───── SUPPLIED RECORDS

//! The first node whose name others see.

ghost use Rattle.std.specs.Prelude.{◌≡◌, ◌+◌, ◌<◌, ◌^◌, ◌-◌, ℕ, nat_eq, IfOk};
ghost use Rattle.std.specs.HashSet.{contains as has_key};
ghost use Rattle.semantic_tree.specs.Children.{node_count};
ghost use Rattle.semantic_tree.specs.Faults.{first_where};
ghost use Rattle.semantic_tree.specs.Place.{placed_from};
ghost use Rattle.semantic_syntax.specs.Members.{contains};
ghost use Rattle.semantic_model.specs.Step.{steps};
ghost use Rattle.semantic_model.specs.Exported.{exported_names};
ghost use Rattle.renamer.specs.Told.{told_by};
ghost use Rattle.rename_model.specs.Refusal.{first_fixed};
ghost use Rattle.rename_model.specs.Renamed.{bears_name};
ghost use Rattle.renamer.specs.Fixing.{names_property_at, fixes_at};

use crate::analysed::Analysed;
use crate::bearing::bears_name;
use semantic::node_symbols::exported_names;
use semantic_syntax::{NodeId, SymbolId};
use semantic_tree::{AstType, Node, Place, Program, Role};
use std::alloc::{AllocError, Global};
use std::collections::HashSet;

/// The ids as a set.
fn set_of(alloc: Global, ids: &[NodeId]) -> Result<HashSet<usize>, AllocError>
    ensures { IfOk result (λ set. (id : ℕ) → has_key nat_eq set id ≡ contains ids.now id) }
{
    let mut set = HashSet::new(alloc);
    for id in ids {
        set.insert(id.index())?;
    }
    Ok(set)
}

/// Whether the text of a node at the place is also the name of a property or of a member.
fn names_property(place: Place, kind: AstType) -> bool
    ensures { result ≡ names_property_at place kind }
{
    let is_target = match place.parent {
        Some(parent) => parent == AstType::AssignmentTargetPropertyIdentifier,
        None => false,
    };
    kind == AstType::TSEnumMember || (place.role == Role::Binding && is_target)
}

/// Whether a node at the place bears the name of the symbol, and others see that name.
fn fixes(
    analysed: &Analysed<'_>,
    symbol: SymbolId,
    exported: &HashSet<usize>,
    place: Place,
    node: &Node,
) -> bool
    ensures { result ≡ fixes_at (has_key nat_eq exported.now)
        (bears_name (told_by analysed.now) symbol) place node.now }
{
    bears_name(analysed, symbol, node.node_id)
        && (names_property(place, node.kind) || exported.contains(&node.node_id.index()))
}

/// The first such node, from one at a place down.
#[tactic(auto, using(semantic_tree::specs::Falls::below))]
fn first_fixing(
    analysed: &Analysed<'_>,
    symbol: SymbolId,
    exported: &HashSet<usize>,
    place: Place,
    node: &Node,
) -> Option<NodeId>
    requires { place.depth + node_count node.now < 2 ^ 32 - 1 }
    ensures { result ≡ first_where
        (fixes_at (has_key nat_eq exported.now) (bears_name (told_by analysed.now) symbol))
        (placed_from place node.now) }
{
    if fixes(analysed, symbol, exported, place, node) {
        return Some(node.node_id);
    }
    for (role, child) in node.children.as_slice() {
        let inside = place.of_child(node.kind, *role);
        match first_fixing(analysed, symbol, exported, inside, child) {
            Some(id) => return Some(id),
            None => {}
        }
    }
    None
}

/// The first node of a program that bears the name of the symbol, and whose name others see.
pub fn first_fixed(
    alloc: Global,
    program: &Program,
    analysed: &Analysed<'_>,
    symbol: SymbolId,
) -> Result<Option<NodeId>, AllocError>
    ensures { IfOk result (λ found. found
        ≡ first_fixed (exported_names (steps program.now))
        (bears_name (told_by analysed.now) symbol) (steps program.now)) }
{
    let names = exported_names(alloc, program)?;
    let exported = set_of(alloc, names.as_slice())?;
    let root = program.root().node();
    Ok(first_fixing(analysed, symbol, &exported, Place::root(), root))
}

──────────

▶ [WORK REQUEST]
What is needed is a full, exact copy of the records.

▶ [COMPLETED EXERCISE]
//! The first node whose name others see.

ghost use Rattle.std.specs.Prelude.{◌≡◌, ◌+◌, ◌<◌, ◌^◌, ◌-◌, ℕ, nat_eq, IfOk};
ghost use Rattle.std.specs.HashSet.{contains as has_key};
ghost use Rattle.semantic_tree.specs.Children.{node_count};
ghost use Rattle.semantic_tree.specs.Faults.{first_where};
ghost use Rattle.semantic_tree.specs.Place.{placed_from};
ghost use Rattle.semantic_syntax.specs.Members.{contains};
ghost use Rattle.semantic_model.specs.Step.{steps};
ghost use Rattle.semantic_model.specs.Exported.{exported_names};
ghost use Rattle.renamer.specs.Told.{told_by};
ghost use Rattle.rename_model.specs.Refusal.{first_fixed};
ghost use Rattle.rename_model.specs.Renamed.{bears_name};
ghost use Rattle.renamer.specs.Fixing.{names_property_at, fixes_at};

use crate::analysed::Analysed;
use crate::bearing::bears_name;
use semantic::node_symbols::exported_names;
use semantic_syntax::{NodeId, SymbolId};
use semantic_tree::{AstType, Node, Place, Program, Role};
use std::alloc::{AllocError, Global};
use std::collections::HashSet;

/// The ids as a set.
fn set_of(alloc: Global, ids: &[NodeId]) -> Result<HashSet<usize>, AllocError>
    ensures { IfOk result (λ set. (id : ℕ) → has_key nat_eq set id ≡ contains ids.now id) }
{
    let mut set = HashSet::new(alloc);
    for id in ids {
        set.insert(id.index())?;
    }
    Ok(set)
}

/// Whether the text of a node at the place is also the name of a property or of a member.
fn names_property(place: Place, kind: AstType) -> bool
    ensures { result ≡ names_property_at place kind }
{
    let is_target = match place.parent {
        Some(parent) => parent == AstType::AssignmentTargetPropertyIdentifier,
        None => false,
    };
    kind == AstType::TSEnumMember || (place.role == Role::Binding && is_target)
}

/// Whether a node at the place bears the name of the symbol, and others see that name.
fn fixes(
    analysed: &Analysed<'_>,
    symbol: SymbolId,
    exported: &HashSet<usize>,
    place: Place,
    node: &Node,
) -> bool
    ensures { result ≡ fixes_at (has_key nat_eq exported.now)
        (bears_name (told_by analysed.now) symbol) place node.now }
{
    bears_name(analysed, symbol, node.node_id)
        && (names_property(place, node.kind) || exported.contains(&node.node_id.index()))
}

/// The first such node, from one at a place down.
#[tactic(auto, using(semantic_tree::specs::Falls::below))]
fn first_fixing(
    analysed: &Analysed<'_>,
    symbol: SymbolId,
    exported: &HashSet<usize>,
    place: Place,
    node: &Node,
) -> Option<NodeId>
    requires { place.depth + node_count node.now < 2 ^ 32 - 1 }
    ensures { result ≡ first_where
        (fixes_at (has_key nat_eq exported.now) (bears_name (told_by analysed.now) symbol))
        (placed_from place node.now) }
{
    if fixes(analysed, symbol, exported, place, node) {
        return Some(node.node_id);
    }
    for (role, child) in node.children.as_slice() {
        let inside = place.of_child(node.kind, *role);
        match first_fixing(analysed, symbol, exported, inside, child) {
            Some(id) => return Some(id),
            None => {}
        }
    }
    None
}

/// The first node of a program that bears the name of the symbol, and whose name others see.
pub fn first_fixed(
    alloc: Global,
    program: &Program,
    analysed: &Analysed<'_>,
    symbol: SymbolId,
) -> Result<Option<NodeId>, AllocError>
    ensures { IfOk result (λ found. found
        ≡ first_fixed (exported_names (steps program.now))
        (bears_name (told_by analysed.now) symbol) (steps program.now)) }
{
    let names = exported_names(alloc, program)?;
    let exported = set_of(alloc, names.as_slice())?;
    let root = program.root().node();
    Ok(first_fixing(analysed, symbol, &exported, Place::root(), root))
}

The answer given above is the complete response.